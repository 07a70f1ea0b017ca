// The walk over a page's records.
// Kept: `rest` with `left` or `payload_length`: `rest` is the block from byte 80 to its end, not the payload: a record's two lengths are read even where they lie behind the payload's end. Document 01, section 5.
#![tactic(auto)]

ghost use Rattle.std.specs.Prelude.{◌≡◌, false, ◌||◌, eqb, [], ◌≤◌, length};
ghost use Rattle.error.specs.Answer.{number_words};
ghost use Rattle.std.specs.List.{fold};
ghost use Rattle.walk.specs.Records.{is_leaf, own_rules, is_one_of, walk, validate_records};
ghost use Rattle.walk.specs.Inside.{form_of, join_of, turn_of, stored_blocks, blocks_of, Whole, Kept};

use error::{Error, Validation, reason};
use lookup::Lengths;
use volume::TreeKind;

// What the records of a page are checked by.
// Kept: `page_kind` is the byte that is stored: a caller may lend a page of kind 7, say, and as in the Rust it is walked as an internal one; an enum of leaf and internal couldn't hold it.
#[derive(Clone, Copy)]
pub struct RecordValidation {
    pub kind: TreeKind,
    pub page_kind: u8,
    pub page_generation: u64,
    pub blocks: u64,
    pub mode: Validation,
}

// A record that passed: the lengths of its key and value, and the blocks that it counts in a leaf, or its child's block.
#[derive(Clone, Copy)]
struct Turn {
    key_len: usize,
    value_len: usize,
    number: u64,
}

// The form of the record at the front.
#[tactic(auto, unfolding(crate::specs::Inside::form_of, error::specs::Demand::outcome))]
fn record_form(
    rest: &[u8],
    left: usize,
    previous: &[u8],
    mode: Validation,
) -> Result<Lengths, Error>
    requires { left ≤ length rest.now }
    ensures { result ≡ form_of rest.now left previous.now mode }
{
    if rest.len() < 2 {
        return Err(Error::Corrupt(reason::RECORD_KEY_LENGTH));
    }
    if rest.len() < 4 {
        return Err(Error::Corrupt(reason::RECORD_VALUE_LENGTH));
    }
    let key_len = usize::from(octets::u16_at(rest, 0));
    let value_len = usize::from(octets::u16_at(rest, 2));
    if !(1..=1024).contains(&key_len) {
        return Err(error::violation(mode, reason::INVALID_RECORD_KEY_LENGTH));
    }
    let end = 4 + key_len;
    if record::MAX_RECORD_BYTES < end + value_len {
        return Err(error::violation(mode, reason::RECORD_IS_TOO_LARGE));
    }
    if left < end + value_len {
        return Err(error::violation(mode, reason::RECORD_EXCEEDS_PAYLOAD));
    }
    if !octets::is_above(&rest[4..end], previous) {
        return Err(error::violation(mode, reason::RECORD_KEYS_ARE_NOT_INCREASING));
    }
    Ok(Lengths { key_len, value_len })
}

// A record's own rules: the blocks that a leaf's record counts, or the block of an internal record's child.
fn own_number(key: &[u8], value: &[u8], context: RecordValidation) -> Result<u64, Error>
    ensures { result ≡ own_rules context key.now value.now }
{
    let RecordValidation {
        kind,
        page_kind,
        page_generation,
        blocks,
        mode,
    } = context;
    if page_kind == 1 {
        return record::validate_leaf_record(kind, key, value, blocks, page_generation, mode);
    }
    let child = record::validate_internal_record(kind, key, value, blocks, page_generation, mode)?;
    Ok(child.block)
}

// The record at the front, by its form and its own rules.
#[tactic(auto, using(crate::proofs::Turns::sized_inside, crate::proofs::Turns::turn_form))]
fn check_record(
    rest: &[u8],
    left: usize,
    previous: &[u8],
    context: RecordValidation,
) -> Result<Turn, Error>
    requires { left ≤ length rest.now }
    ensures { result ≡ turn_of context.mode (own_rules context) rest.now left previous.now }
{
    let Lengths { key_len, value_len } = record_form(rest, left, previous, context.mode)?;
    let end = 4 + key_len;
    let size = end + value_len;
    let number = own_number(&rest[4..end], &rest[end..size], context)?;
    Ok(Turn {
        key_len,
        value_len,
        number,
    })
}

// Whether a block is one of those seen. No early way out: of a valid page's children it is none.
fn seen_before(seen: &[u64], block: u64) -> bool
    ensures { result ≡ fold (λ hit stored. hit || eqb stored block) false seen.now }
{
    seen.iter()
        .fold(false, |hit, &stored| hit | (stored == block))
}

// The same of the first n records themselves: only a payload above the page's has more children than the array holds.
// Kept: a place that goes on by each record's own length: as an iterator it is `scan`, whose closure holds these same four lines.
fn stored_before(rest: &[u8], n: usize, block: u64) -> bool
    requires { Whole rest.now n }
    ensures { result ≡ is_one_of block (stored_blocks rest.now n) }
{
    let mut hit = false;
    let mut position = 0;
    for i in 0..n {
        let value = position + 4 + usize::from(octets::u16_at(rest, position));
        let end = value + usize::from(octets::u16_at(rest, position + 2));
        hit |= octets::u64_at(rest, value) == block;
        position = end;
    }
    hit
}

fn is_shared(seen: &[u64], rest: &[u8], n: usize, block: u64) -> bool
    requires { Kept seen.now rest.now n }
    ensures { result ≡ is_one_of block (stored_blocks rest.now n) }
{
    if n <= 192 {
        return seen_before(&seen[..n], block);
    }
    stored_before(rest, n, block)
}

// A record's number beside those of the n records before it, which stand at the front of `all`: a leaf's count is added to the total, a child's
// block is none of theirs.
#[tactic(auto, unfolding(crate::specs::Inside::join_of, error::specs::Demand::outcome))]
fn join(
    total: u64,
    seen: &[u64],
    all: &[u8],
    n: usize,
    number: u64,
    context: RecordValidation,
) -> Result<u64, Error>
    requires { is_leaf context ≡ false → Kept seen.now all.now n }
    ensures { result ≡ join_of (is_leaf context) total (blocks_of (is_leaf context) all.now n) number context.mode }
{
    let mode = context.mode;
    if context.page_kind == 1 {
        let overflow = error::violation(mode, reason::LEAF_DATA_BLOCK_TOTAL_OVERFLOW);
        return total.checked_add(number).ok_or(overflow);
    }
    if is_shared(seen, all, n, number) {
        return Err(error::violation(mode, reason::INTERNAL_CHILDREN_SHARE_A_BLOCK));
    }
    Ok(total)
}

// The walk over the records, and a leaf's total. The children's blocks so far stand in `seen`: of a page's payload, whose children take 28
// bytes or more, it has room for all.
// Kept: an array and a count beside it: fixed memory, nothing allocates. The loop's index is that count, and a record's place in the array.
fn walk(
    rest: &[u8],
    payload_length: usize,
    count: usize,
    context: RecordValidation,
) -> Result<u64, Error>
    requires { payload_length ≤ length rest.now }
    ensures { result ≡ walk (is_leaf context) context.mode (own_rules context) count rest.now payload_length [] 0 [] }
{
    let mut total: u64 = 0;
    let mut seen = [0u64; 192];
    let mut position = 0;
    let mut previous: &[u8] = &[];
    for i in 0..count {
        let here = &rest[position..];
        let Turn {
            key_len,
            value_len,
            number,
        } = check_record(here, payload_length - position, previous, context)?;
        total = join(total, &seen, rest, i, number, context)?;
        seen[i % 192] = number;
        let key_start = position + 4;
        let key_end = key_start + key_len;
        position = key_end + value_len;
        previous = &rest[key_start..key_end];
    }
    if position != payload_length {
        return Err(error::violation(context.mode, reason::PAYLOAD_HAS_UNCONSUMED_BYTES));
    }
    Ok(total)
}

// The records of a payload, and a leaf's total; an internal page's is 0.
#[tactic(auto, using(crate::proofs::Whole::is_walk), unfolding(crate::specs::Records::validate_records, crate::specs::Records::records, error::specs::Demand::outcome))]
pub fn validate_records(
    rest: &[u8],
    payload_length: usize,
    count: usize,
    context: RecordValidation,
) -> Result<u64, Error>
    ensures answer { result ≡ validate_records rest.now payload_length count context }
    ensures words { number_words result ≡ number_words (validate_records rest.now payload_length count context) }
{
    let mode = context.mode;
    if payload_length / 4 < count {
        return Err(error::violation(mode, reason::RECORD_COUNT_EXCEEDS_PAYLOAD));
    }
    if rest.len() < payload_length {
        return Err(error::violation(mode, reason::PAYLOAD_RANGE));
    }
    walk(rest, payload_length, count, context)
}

==*==

Work instructions:
Repeat exactly the lines from the line containing "if payload_length /" through the last line of the records above, including both, and nothing else.

Answer to the exercise:
    if payload_length / 4 < count {
        return Err(error::violation(mode, reason::RECORD_COUNT_EXCEEDS_PAYLOAD));
    }
    if rest.len() < payload_length {
        return Err(error::violation(mode, reason::PAYLOAD_RANGE));
    }
    walk(rest, payload_length, count, context)
}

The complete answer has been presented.